▶ [Data]:

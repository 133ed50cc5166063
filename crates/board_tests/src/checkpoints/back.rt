//! Checkpoints by turns between the areas, and one that has nothing to do.
use super::life::{Life, area_with, live, make_life};
use super::{CALLS, are_named, does};
use crate::asserts::{are_bytes, holds, is_kept, is_number, is_outcome};
use crate::bytes::EMPTY;
use crate::making::{Opened, desire, disk_in, disk_of, found_in, kept, loaded};
use bbs_board::Board;
use bbs_model::Command;
use disk_trait::{Area, Disk, MemoryDisk};
use std::alloc::Global;
use std::process::Abort;
use std::test::Fail;

fn does_nothing<D: Disk + Drop>(rt: &impl Abort, mut board: Board<D>) -> D {
    is_outcome(rt, board.checkpoint(), Ok(()));
    is_number(rt, board.clock(), CALLS);
    is_kept(rt, board.kept_in(), kept(Area::A, 1, 0));
    disk_in(board)
}

fn is_empty_board(rt: &impl Abort, disk: &MemoryDisk) {
    are_bytes(rt, disk.bytes(Area::A), &EMPTY);
    holds(rt, disk.bytes(Area::B).is_empty());
}

#[test]
fn a_checkpoint_of_an_area_without_frames_does_nothing(rt: HostRuntime) -> Result<(), Fail> {
    let alloc = rt.alloc();
    let board = loaded(alloc, disk_of(alloc, &EMPTY, b"", &[])?)?;
    let disk = does_nothing(&rt, board);
    is_empty_board(&rt, &disk);
    Ok(())
}

// The area of generation 3 after eleven transitions.
const BACK: [u8; 72] = *b"\x01DIEGOBBS\x00\x02\x00\x00\x00\x00\x00\x00\x00\x03\x00\x00\x00\x30\
\x00\x00\x00\x00\x00\x00\x00\x0b\
\x00\x00\x00\x01\x00\x00\x00\x00\x00\x00\x00\x00\x00\x00\x00\x00\x00\x00\x00\x00\
\x01w\x01w\x00\x00\x00\x01\x00\x00\x00\x40\x00\x00\x00\x80\x00\x00\x1f\x90\x00";

// A checkpoint, one that finds nothing to do, a transition, and a checkpoint back into the area that was
// left.
fn there_and_back<D: Disk + Drop>(rt: &impl Abort, mut board: Board<D>, life: &Life) -> D {
    is_outcome(rt, board.checkpoint(), Ok(()));
    is_kept(rt, board.kept_in(), kept(Area::B, 2, 0));
    is_number(rt, board.clock(), CALLS + 8);
    is_outcome(rt, board.checkpoint(), Ok(()));
    is_kept(rt, board.kept_in(), kept(Area::B, 2, 0));
    is_number(rt, board.clock(), CALLS + 8);
    live(rt, &mut board, life, 11);
    is_kept(rt, board.kept_in(), kept(Area::B, 2, 1));
    is_outcome(rt, board.checkpoint(), Ok(()));
    is_kept(rt, board.kept_in(), kept(Area::A, 3, 0));
    disk_in(board)
}

/// The disk of a board of ten transitions in this area that went there and back.
pub fn gone_back(rt: &impl Abort, alloc: Global, old: &[u8]) -> Result<MemoryDisk, Fail> {
    let life = make_life()?;
    let board = loaded(alloc, disk_of(alloc, old, b"", &[])?)?;
    Ok(there_and_back(rt, board, &life))
}

fn goes_on<D: Disk + Drop>(rt: &impl Abort, mut board: Board<D>, command: Command) -> D {
    is_kept(rt, board.kept_in(), kept(Area::A, 3, 0));
    holds(rt, does(&mut board, command));
    disk_in(board)
}

// A board has one frame, and both processes.
fn has_gone_on(rt: &impl Abort, alloc: Global, found: &Opened) -> Result<(), Fail> {
    is_kept(rt, found.kept, kept(Area::A, 3, 1));
    is_number(rt, found.rows.next, 12);
    are_named(rt, alloc, &found.rows, b"mw")
}

fn goes_on_here(rt: &impl Abort, alloc: Global, a: &[u8], b: &[u8]) -> Result<(), Fail> {
    let found = found_in(alloc, a, b)?;
    has_gone_on(rt, alloc, &found)
}

// Whatever stands behind the closed gate, the board goes on over it.
fn is_free(rt: &impl Abort, alloc: Global, area: &[u8], other: &[u8]) -> Result<(), Fail> {
    let command = desire(b'm', 1)?;
    let board = loaded(alloc, disk_of(alloc, area, other, &[])?)?;
    let disk = goes_on(rt, board, command);
    goes_on_here(rt, alloc, disk.bytes(Area::A), disk.bytes(Area::B))
}

// The area that was gone back to, with what the longer one held behind it, with nothing, and with
// open gates.
fn is_back(rt: &impl Abort, alloc: Global, old: &[u8], a: &[u8], b: &[u8]) -> Result<(), Fail> {
    // A head without rows, a frame of 28 bytes and nine of 17, and a gate.
    is_number(rt, old.len() as u64, 233);
    is_number(rt, a.len() as u64, 233);
    holds(rt, a.starts_with(&BACK));
    holds(rt, a.get(72..) == old.get(72..));
    is_free(rt, alloc, a, b)?;
    is_free(rt, alloc, &BACK, b)?;
    let mut open = BACK.to_vec(alloc)?;
    open.extend_from_slice(&[255; 40])?;
    is_free(rt, alloc, &open, b)
}

#[test]
fn what_a_longer_area_held_stays_behind_a_closed_gate(rt: HostRuntime) -> Result<(), Fail> {
    let alloc = rt.alloc();
    let old = area_with(&rt, alloc, 10)?;
    let disk = gone_back(&rt, alloc, &old)?;
    is_back(&rt, alloc, &old, disk.bytes(Area::A), disk.bytes(Area::B))
}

▶ [Exercise objective]: In the records above, find each line holding "HostRuntime" and copy it.

▶ [Exercise response]:
fn a_checkpoint_of_an_area_without_frames_does_nothing(rt: HostRuntime) -> Result<(), Fail> {
fn what_a_longer_area_held_stays_behind_a_closed_gate(rt: HostRuntime) -> Result<(), Fail> {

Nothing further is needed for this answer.